The day after my first Irish dance class in September, I woke up to jelly legs. As it turns out, a lifetime of Indian Bharatanatyam and classical modern dance hadn’t prepared me for the calf strength needed to be constantly jumping on the balls of my feet. Traditional Irish stepdance—an art form that predominantly emphasizes movements of the leg—felt at first like a continuous exercise in tripping over my own two feet, but with classes at only €2 an hour with the UCD dance society, my jelly legs kept dragging me back to class week after week determined to master the steps and shuffles and skips and hops.
I began the year with individual and partner set dances—dances with set standardized choreography. Over the weeks I learned what an Irish dance shuffle was and how to hop on my toes and that skips usually happened in counts of threes. And just as my confidence in the dance style was beginning to grow, I took my first Céilí class.

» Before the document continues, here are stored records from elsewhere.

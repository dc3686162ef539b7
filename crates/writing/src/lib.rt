// The writer: the file of a preamble and events, in the front of a lent buffer, or the refusal that reading it would give.
#![tactic(auto)]

ghost use Rattle.std.specs.Prelude.{◌≡◌, ◌+◌, ◌*◌, ◌≤◌, ◌<◌, length};
ghost use Rattle.limits.specs.Limits.{event_bytes, is_file_size, trailer_bytes};
ghost use Rattle.writing.specs.Written.{written_bytes, Fitting, bytes16, bytes32, written_event, written_events, written_trailer, trace_from, Even, file_with};
ghost use Rattle.writing.specs.Writing.{file_from, is_even, handed, answer_write};
ghost use Rattle.appending.specs.Appended.{Appends};

use appending::{put_byte, put_word};
use limits::{Event, Recording, Refusal};

fn put16(out: &mut [u8], at: usize, n: u16) -> usize
    requires { at + 2 ≤ length out.old }
    ensures { Appends (bytes16 n) at out.old out.new result }
{
    put_word(out, at, &n.to_le_bytes())
}

fn put32(out: &mut [u8], at: usize, n: u32) -> usize
    requires { at + 4 ≤ length out.old }
    ensures { Appends (bytes32 n) at out.old out.new result }
{
    put_word(out, at, &n.to_le_bytes())
}

fn put_event(out: &mut [u8], at: usize, thread: u8, kind: u8, object: u16) -> usize
    requires { at + event_bytes ≤ length out.old }
    ensures { Appends (written_event event_bytes (record { thread = thread; kind = kind; object = object })) at out.old out.new result }
{
    let second = put_byte(out, at, thread);
    let third = put_byte(out, second, kind);
    put16(out, third, object)
}

// Event k is what the three lists have at place k - 1. They stand side by side as the C interface lends them.
fn put_events(out: &mut [u8], at: usize, threads: &[u8], kinds: &[u8], objects: &[u16]) -> usize
    requires even { Even threads.now kinds.now objects.now }
    requires threads_in_bounds { at + event_bytes * length threads.now ≤ length out.old }
    ensures { Appends (written_events event_bytes (trace_from threads.now kinds.now objects.now)) at out.old out.new result }
{
    let mut end = at;
    for ((thread, kind), object) in threads.iter().zip(kinds).zip(objects) {
        end = put_event(out, end, *thread, *kind, *object);
    }
    end
}

// The trailer of n events.
fn put_trailer(out: &mut [u8], at: usize, n: u16) -> usize
    requires { at + trailer_bytes ≤ length out.old }
    ensures { Appends (written_trailer event_bytes n) at out.old out.new result }
{
    let distance = Recording::TRAILER_BYTES as u32 + Event::BYTES as u32 * n as u32;
    let count = put32(out, at, distance);
    let mark = put16(out, count, n);
    put_word(out, mark, &[Recording::MARK_FIRST, Recording::MARK_SECOND])
}

// The file of a preamble and of the events that the three lists have, in the front of the buffer.
pub fn put_file(
    out: &mut [u8; Recording::MAX_BYTES],
    preamble: &[u8],
    threads: &[u8],
    kinds: &[u8],
    objects: &[u16],
) -> usize
    requires { Fitting preamble.now threads.now kinds.now objects.now }
    ensures { Appends (file_with preamble.now (trace_from threads.now kinds.now objects.now)) 0 out.old out.new result }
{
    let events = put_word(out, 0, preamble);
    let trailer = put_events(out, events, threads, kinds, objects);
    put_trailer(out, trailer, threads.len() as u16)
}

// Have the lists one length?
#[tactic(auto, unfolding(crate::specs::Writing::is_even))]
fn even(threads: &[u8], kinds: &[u8], objects: &[u16]) -> bool
    ensures { result ≡ is_even threads.now kinds.now objects.now }
{
    kinds.len() == threads.len() && objects.len() == threads.len()
}

// Is the file of so many bytes of preamble and so many events not too long?
#[tactic(auto, unfolding(crate::specs::Written::written_bytes))]
fn fits(preamble: usize, events: usize) -> bool
    ensures { result ≡ is_file_size (written_bytes event_bytes preamble events) }
{
    preamble <= Recording::MAX_BYTES
        && events <= Recording::MAX_BYTES
        && Recording::bytes_in_limit(preamble + Event::BYTES * events + Recording::TRAILER_BYTES)
}

// Hands a file to a buffer, if reading it refuses nothing and the buffer is long enough: how many bytes it has.
fn hand(file: &[u8], buffer: &mut [u8]) -> Result<usize, Refusal>
    ensures { (result, buffer.new) ≡ handed file.now buffer.old }
{
    judging::judge(file)?;
    if buffer.len() < file.len() {
        return Err(Refusal::ListShort);
    }
    Ok(put_word(buffer, 0, file))
}

// Makes the file, and hands it to the buffer.
fn write_fitting(
    preamble: &[u8],
    threads: &[u8],
    kinds: &[u8],
    objects: &[u16],
    buffer: &mut [u8],
) -> Result<usize, Refusal>
    requires { Fitting preamble.now threads.now kinds.now objects.now }
    ensures { (result, buffer.new) ≡ handed (file_from preamble.now threads.now kinds.now objects.now) buffer.old }
{
    let mut file = [0u8; Recording::MAX_BYTES];
    let size = put_file(&mut file, preamble, threads, kinds, objects);
    hand(&file[..size], buffer)
}

// Writes the file of a preamble and of the events whose threads, kinds and objects the three lists have. Lists of different lengths are
// refusal 10, judged first; then comes what reading the file would give; a buffer too short is refusal 10, judged last.
pub fn write_file(
    preamble: &[u8],
    threads: &[u8],
    kinds: &[u8],
    objects: &[u16],
    buffer: &mut [u8],
) -> Result<usize, Refusal>
    ensures { (result, buffer.new) ≡ answer_write preamble.now threads.now kinds.now objects.now buffer.old }
{
    if !even(threads, kinds, objects) {
        return Err(Refusal::ListShort);
    }
    if !fits(preamble.len(), threads.len()) {
        return Err(Refusal::FileSize);
    }
    write_fitting(preamble, threads, kinds, objects, buffer)
}
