// The program: plan.txt and ends.txt in, the log out. Every byte of the log comes from `run_log`.
#![tactic(auto)]

ghost use Rattle.std.specs.Prelude.{◌≡◌};
ghost use Rattle.log_run.specs.Log.{log_of};

use files::both::{READ_MOST, read_both};
use files::print;
use files::say::{Say, Told};
use log_run::{LOG_MOST, run_log};
use std::rt::Files;

// The front of the buffer is the whole log, whatever the two texts are.
fn put_log<'o>(plan: &[u8], ends: &[u8], out: &'o mut [u8; LOG_MOST]) -> &'o [u8]
    ensures { result.now ≡ log_of plan.now ends.now }
{
    let length = run_log(plan, ends, out);
    &out[..length]
}

// Nothing is printed before both files are read.
fn run(rt: &(impl Files + Print + Say)) -> Result<(), Told> {
    let mut plan = [0u8; READ_MOST];
    let mut ends = [0u8; READ_MOST];
    let read = read_both(rt, b"ends.txt", &mut plan, &mut ends)?;
    let mut out = [0u8; LOG_MOST];
    print(rt, put_log(read.plan, read.text, &mut out))
}

// The exit status is 0 after a failure too.
fn main(rt: HostRuntime) {
    let _ = run(&rt);
}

Céilí, for the unfamiliar, is an Irish folk dance consisting of a larger group of participants in a social setting dancing together to traditional and often live music. While many of the steps of Céilí dances shared similarities with the individual Irish stepdances of weeks past, adding partners and group members quickly added a new dimension of chaos altogether. Hands grabbed the air searching for a partner, neighbors crashed into each other, and people froze as choreography escaped their brains.
And yet it was the most fun I had all year.

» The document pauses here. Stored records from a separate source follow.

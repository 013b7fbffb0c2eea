//! A stream of a test's, and a handler.
ghost use Rattle.std.specs.Prelude.{◌≡◌};
ghost use Rattle.amqp_ready.specs.Lending.{kept};

use amqp_conn::{Failed, Given, Op, Refusal};
use amqp_ready::{Handler, Lent, Moved, Next, NonBlocking};
use std::alloc::Global;

/// Gives octets of a peer's a part at a time, and takes octets a part at a time. Of two calls of a kind the first would wait, unless it is eager.
#[derive(Drop)]
pub(crate) struct Fake {
    says: &'static [u8],
    /// Behind what it says the peer stays; else the octets end.
    stays: bool,
    /// The most octets that are moved at once.
    part: usize,
    pub took: Vec<u8>,
    /// So many octets are taken yet; behind them each write would wait.
    room: usize,
    reads: u32,
    writes: u32,
    pub is_eager: bool,
    has_failed: bool,
}

impl Fake {
    /// Of which nothing was read or taken yet.
    pub(crate) fn new(
        alloc: Global,
        says: &'static [u8],
        stays: bool,
        part: usize,
        room: usize,
    ) -> Fake {
        Fake {
            says,
            stays,
            part,
            took: Vec::new(alloc),
            room,
            reads: 0,
            writes: 0,
            is_eager: false,
            has_failed: false,
        }
    }
}

impl NonBlocking for Fake {
    ghost use Rattle.std.specs.Prelude.{None, Some};

    ghost remaining = { λ f. None };

    ghost written = { λ f. Some f.took.items };

    ghost failed = { λ f. f.has_failed };

    fn read_some(&mut self, buffer: &mut [u8]) -> Result<Moved, Failed> {
        self.reads = self.reads.wrapping_add(1);
        if !self.is_eager && self.reads % 2 == 1 || self.stays && self.says.is_empty() {
            return Ok(Moved::Waits);
        }
        let count = self.says.len().min(self.part).min(buffer.len());
        let (said, rest) = self.says.split_at(count);
        buffer[..count].copy_from_slice(said);
        self.says = rest;
        Ok(Moved::Octets(count))
    }

    fn write_some(&mut self, octets: &[u8]) -> Result<Moved, Failed> {
        self.writes = self.writes.wrapping_add(1);
        let count = octets.len().min(self.part).min(self.room);
        if !self.is_eager && self.writes % 2 == 1 || count == 0 {
            return Ok(Moved::Waits);
        }
        if self.took.extend_from_slice(&octets[..count]).is_err() {
            self.has_failed = true;
            return Err(Failed);
        }
        self.room -= count;
        Ok(Moved::Octets(count))
    }
}

/// Counts what it is told; it would have written first, where it says so.
#[derive(Drop)]
pub(crate) struct Counts {
    pub told: u32,
    /// So many empty frames of eight octets answer what it is told next.
    pub beats: u32,
    pub next: Next,
}

impl Counts {
    pub(crate) fn new(next: Next) -> Counts {
        Counts {
            told: 0,
            beats: 0,
            next,
        }
    }
}

fn beat(conn: &mut Lent, count: u32) -> Result<(), Refusal>
    ensures { kept conn.new.conn ≡ kept conn.old.conn }
{
    for _ in 0..count {
        conn.perform(Op::Beat)?;
    }
    Ok(())
}

impl Handler for Counts {
    ghost use Rattle.std.specs.Prelude.{None};

    ghost told = { λ c. None };

    fn take(&mut self, conn: &mut Lent, given: Given) -> Result<Next, Refusal> {
        drop(given);
        self.told = self.told.wrapping_add(1);
        beat(conn, self.beats)?;
        self.beats = 0;
        // What is left is popped, where there is anything: memory is there for that.
        match conn.pop_left() {
            Ok(left) => drop(left),
            Err(_) => return Err(Refusal::NoMemory),
        }
        Ok(self.next)
    }

    fn go_on(&mut self, _conn: &mut Lent) -> Result<bool, Refusal> {
        Ok(false)
    }
}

I am no stranger to social dances. An inevitable part of any Texas middle school education is lessons on southern square dancing, and an equally inevitable part of growing up South Asian is being invited to annual garba dances for the Hindu Navaratri festival every autumn. While garba holds some notable differences in execution—participants dance in concentric circles around a central lamp or statue—I was charmed by the similarities between Céilí and my Texas square dancing classes from childhood. Both dance forms involve partners interacting in larger sets of four or more and several standard dance fragments, with many similar fragments across both styles (peep the moments I pass under arm arches like the square dance Rip n Snort.) But while American square dancing usually utilizes a caller to announce the next steps for participants, Céilí usually uses set choreography for the whole dance.
Over the months I have grown to embrace the chaos of Céilí classes—the crashing and bumping and running to catch up to a partner and stumbling through the gent role choreography because I happen to be the tallest person in the class. In many ways, Céilí class parallels the process of learning to live in Ireland this year—figuring things out as I go but enjoying myself along the way.